Goal of the exercise
Starting with the first line below, reproduce each line exactly until you have included the one bearing "of a subscript".

Data for review
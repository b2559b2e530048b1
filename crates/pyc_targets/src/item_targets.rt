//! What items of subscripts take.

ghost use Rattle.std.specs.Prelude.{◌≡◌, IfOk, OnOk, codes, map, option_map};
ghost use Rattle.pyc_ast.specs.ExprView.{index_of};
ghost use Rattle.pyc_obligations.specs.Asking as asking;
ghost use Rattle.pyc_reading.specs.AnswerView.{member_answer_of};
ghost use Rattle.pyc_reading.specs.Traces.{Performs};
ghost use Rattle.pyc_targets.specs.ItemTargets as spec;
ghost use Rattle.pyc_targets.specs.Views.{item_target_of, item_targets_in, target_type_of};
ghost use Rattle.pyc_type_forms.specs.TypeView.{ty_of};

use crate::messages::report_unsupported;
use crate::target_type::TargetType;
use pyc_ast::{Index, Position};
use pyc_class_ids::ClassId;
use pyc_obligations::{AskTypes, ask_member, is_unknown_class};
use pyc_reading::MemberAnswer;
use pyc_subscripts::item_of;
use pyc_type_forms::{Ty, items_of, union_of};
use std::alloc::{AllocError, Global};

/// What an item of a value is as a target.
#[derive(Debug, Drop)]
pub(crate) enum ItemTarget {
    /// It cannot be assigned to.
    Unsupported,
    /// It takes anything.
    Free,
    /// It takes a value of this type.
    Takes(Ty),
}

/// The types that items take, whether one takes anything, and whether one cannot be assigned to.
#[derive(Debug, Drop)]
pub(crate) struct ItemTargets {
    pub(crate) types: Vec<Ty>,
    pub(crate) is_free: bool,
    pub(crate) is_unsupported: bool,
}

/// An item of a subscript as a target, by an index of the type `got`: the target begins at `at`, and at `inside` within
/// its parentheses.
#[derive(Clone, Copy)]
pub struct IndexedTarget<'a> {
    pub alloc: Global,
    pub at: Position,
    pub inside: Position,
    pub index: &'a Index,
    pub got: &'a Ty,
}

impl IndexedTarget<'_> {
    /// What an item of a value of a type takes. An index of another type than is wanted, and a value whose items cannot
    /// be assigned to, is reported. The only error is that memory runs out.
    #[tactic(auto, using(pyc_obligations::proofs::Steps::performing), unfolding(crate::specs::ItemTargets::item_target))]
    pub fn item_target<N: AskTypes>(
        &self,
        recorder: &mut N,
        ty: &Ty,
    ) -> Result<TargetType, AllocError>
        ensures { Performs target_type_of
            (spec.item_target self.now.at self.now.inside (index_of self.now.index.now) (ty_of self.now.got.now)
            (ty_of ty.now)) (N.trace recorder.old) result (N.trace recorder.new) }
    {
        let types = items_of(self.alloc, ty)?;
        let found = all_targets(
            self.alloc,
            recorder,
            self.inside,
            self.index,
            self.got,
            &types,
        )?;
        conclude(self.alloc, recorder, self.at, ty, &found)
    }
}

/// What the items of types take, in turn.
#[tactic(auto, using(pyc_obligations::proofs::Steps::performing), unfolding(crate::specs::ItemTargets::more_targets))]
fn all_targets<N: AskTypes>(
    alloc: Global,
    recorder: &mut N,
    at: Position,
    index: &Index,
    got: &Ty,
    types: &[Ty],
) -> Result<ItemTargets, AllocError>
    ensures { Performs item_targets_in
        (spec.more_targets at (index_of index.now) (ty_of got.now) spec.no_targets (map ty_of types.now))
        (N.trace recorder.old) result (N.trace recorder.new) }
{
    let mut found = ItemTargets {
        types: Vec::with_capacity(alloc, types.len())?,
        is_free: false,
        is_unsupported: false,
    };
    for ty in types {
        let item = target_of_type(alloc, recorder, at, index, got, ty)?;
        push_target(&mut found, item)?;
    }
    Ok(found)
}

/// Adds what an item takes.
fn push_target(found: &mut ItemTargets, item: ItemTarget) -> Result<(), AllocError>
    ensures { OnOk result (item_targets_in found.new
        ≡ spec.with_target (item_targets_in found.old) (item_target_of item)) }
{
    match item {
        ItemTarget::Unsupported => found.is_unsupported = true,
        ItemTarget::Free => found.is_free = true,
        ItemTarget::Takes(ty) => found.types.push(ty)?,
    }
    Ok(())
}

/// What items take together.
fn conclude<N: AskTypes>(
    alloc: Global,
    recorder: &mut N,
    at: Position,
    ty: &Ty,
    found: &ItemTargets,
) -> Result<TargetType, AllocError>
    ensures { Performs target_type_of (spec.conclude at (ty_of ty.now) (item_targets_in found.now))
        (N.trace recorder.old) result
        (N.trace recorder.new) }
{
    if found.is_unsupported {
        report_unsupported(alloc, recorder, at, ty)
    } else {
        supported_target_type(alloc, found)
    }
}

/// What items take together that can be assigned to.
fn supported_target_type(alloc: Global, found: &ItemTargets) -> Result<TargetType, AllocError>
    ensures { IfOk result (λ target_type. target_type_of target_type ≡ spec.supported_target_type
        (item_targets_in found.now)) }
{
    if found.is_free {
        Ok(TargetType::plain(None))
    } else {
        Ok(TargetType::item(union_of(alloc, &found.types)?))
    }
}

/// What an item of a value of a type that is no union takes.
fn target_of_type<N: AskTypes>(
    alloc: Global,
    recorder: &mut N,
    at: Position,
    index: &Index,
    got: &Ty,
    ty: &Ty,
) -> Result<ItemTarget, AllocError>
    ensures { Performs item_target_of
        (spec.target_of_type at (index_of index.now) (ty_of got.now) (ty_of ty.now)) (N.trace recorder.old) result
        (N.trace recorder.new) }
{
    match ty {
        Ty::Any => Ok(ItemTarget::Takes(Ty::Any)),
        Ty::Class(_) => Ok(ItemTarget::Takes(Ty::Any)),
        Ty::Instance(class) => instance_target(alloc, recorder, class),
        Ty::List(_) => indexed_target(alloc, recorder, at, index, got, ty),
        Ty::Dict(_) => indexed_target(alloc, recorder, at, index, got, ty),
        _ => Ok(ItemTarget::Unsupported),
    }
}

/// What an item of a list or a dictionary takes.
#[tactic(auto, using(pyc_obligations::proofs::Steps::performing), unfolding(crate::specs::ItemTargets::indexed_target))]
fn indexed_target<N: AskTypes>(
    alloc: Global,
    recorder: &mut N,
    at: Position,
    index: &Index,
    got: &Ty,
    ty: &Ty,
) -> Result<ItemTarget, AllocError>
    ensures { Performs item_target_of
        (spec.indexed_target at (index_of index.now) (ty_of got.now) (ty_of ty.now)) (N.trace recorder.old) result
        (N.trace recorder.new) }
{
    let found = item_of(alloc, recorder, at, index, got, ty)?;
    Ok(target_of_item(found))
}

/// What an item takes that a subscript gives.
fn target_of_item(found: Option<Ty>) -> ItemTarget
    ensures { item_target_of result ≡ spec.target_of_item (option_map ty_of found) }
{
    match found {
        Some(ty) => ItemTarget::Takes(ty),
        None => ItemTarget::Unsupported,
    }
}

/// What an item of an instance of a class takes.
fn instance_target<N: AskTypes>(
    alloc: Global,
    recorder: &mut N,
    class: &ClassId,
) -> Result<ItemTarget, AllocError>
    ensures { Performs item_target_of (spec.instance_target class.now) (N.trace recorder.old) result
        (N.trace recorder.new) }
{
    match class.as_builtin() {
        Some(_) => Ok(ItemTarget::Unsupported),
        None => source_target(alloc, recorder, class),
    }
}

/// What an item of an instance of a class of a source takes.
#[tactic(auto, using(pyc_obligations::proofs::Steps::performing), unfolding(crate::specs::ItemTargets::source_target))]
fn source_target<N: AskTypes>(
    alloc: Global,
    recorder: &mut N,
    class: &ClassId,
) -> Result<ItemTarget, AllocError>
    ensures { Performs item_target_of (spec.source_target class.now) (N.trace recorder.old) result
        (N.trace recorder.new) }
{
    let is_unknown = is_unknown_class(alloc, recorder, class)?;
    user_target(alloc, recorder, class, is_unknown)
}

/// What an item of an instance of `class` takes; `is_unknown` says whether the order of the class is unknown.
fn user_target<N: AskTypes>(
    alloc: Global,
    recorder: &mut N,
    class: &ClassId,
    is_unknown: bool,
) -> Result<ItemTarget, AllocError>
    ensures { Performs item_target_of (spec.user_target class.now is_unknown) (N.trace recorder.old) result
        (N.trace recorder.new) }
{
    if is_unknown {
        Ok(ItemTarget::Takes(Ty::Any))
    } else {
        ask_target(alloc, recorder, class)
    }
}

/// What an item of an instance of `class` takes, once the class is asked for its `__setitem__`.
#[tactic(auto, using(pyc_obligations::proofs::Steps::performing), unfolding(crate::specs::ItemTargets::ask_target))]
fn ask_target<N: AskTypes>(
    alloc: Global,
    recorder: &mut N,
    class: &ClassId,
) -> Result<ItemTarget, AllocError>
    ensures { Performs item_target_of (spec.ask_target class.now) (N.trace recorder.old) result (N.trace recorder.new) }
{
    let found = setitem_member(alloc, recorder, class)?;
    Ok(by_setitem(found))
}

/// The `__setitem__` of a class.
fn setitem_member<N: AskTypes>(
    alloc: Global,
    recorder: &mut N,
    class: &ClassId,
) -> Result<Option<MemberAnswer>, AllocError>
    ensures { Performs (option_map member_answer_of) (asking.ask_member class.now (codes "__setitem__"))
        (N.trace recorder.old) result (N.trace recorder.new) }
{
    ask_member(alloc, recorder, class, "__setitem__")
}

/// What an item takes, where this is the `__setitem__`.
fn by_setitem(found: Option<MemberAnswer>) -> ItemTarget
    ensures { item_target_of result ≡ spec.by_setitem (option_map member_answer_of found) }
{
    match found {
        Some(_) => ItemTarget::Free,
        None => ItemTarget::Unsupported,
    }
}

Answer box
repository b2559b2e530048b1
filename crates/pyc_targets/src/item_targets.rt
//! What items of subscripts take.

ghost use Rattle.std.specs.Prelude.{◌≡◌, IfOk, OnOk, codes, map, option_map};
ghost use Rattle.pyc_ast.specs.ExprView.{index_of};
ghost use Rattle.pyc_obligations.specs.Asking as asking;
ghost use Rattle.pyc_reading.specs.AnswerView.{member_answer_of};
ghost use Rattle.pyc_reading.specs.Traces.{Performs};
ghost use Rattle.pyc_targets.specs.ItemTargets as spec;
ghost use Rattle.pyc_targets.specs.Views.{item_target_of, item_targets_in, target_type_of};
ghost use Rattle.pyc_type_forms.specs.TypeView.{ty_of};

use crate::messages::report_unsupported;
use crate::target_type::TargetType;
use pyc_ast::{Index, Position};
use pyc_class_ids::ClassId;
use pyc_obligations::{AskTypes, ask_member, is_unknown_class};
use pyc_reading::MemberAnswer;
use pyc_subscripts::item_of;
use pyc_type_forms::{Ty, items_of, union_of};
use std::alloc::{AllocError, Global};

/// What an item of a value is as a target.
#[derive(Debug, Drop)]
pub(crate) enum ItemTarget {
    /// It cannot be assigned to.
    Unsupported,
    /// It takes anything.
    Free,
    /// It takes a value of this type.
    Takes(Ty),
}

/// The types that items take, whether one takes anything, and whether one cannot be assigned to.
#[derive(Debug, Drop)]
pub(crate) struct ItemTargets {
    pub(crate) types: Vec<Ty>,
    pub(crate) is_free: bool,
    pub(crate) is_unsupported: bool,
}

/// An item of a subscript as a target, by an index of the type `got`: the target begins at `at`, and at `inside` within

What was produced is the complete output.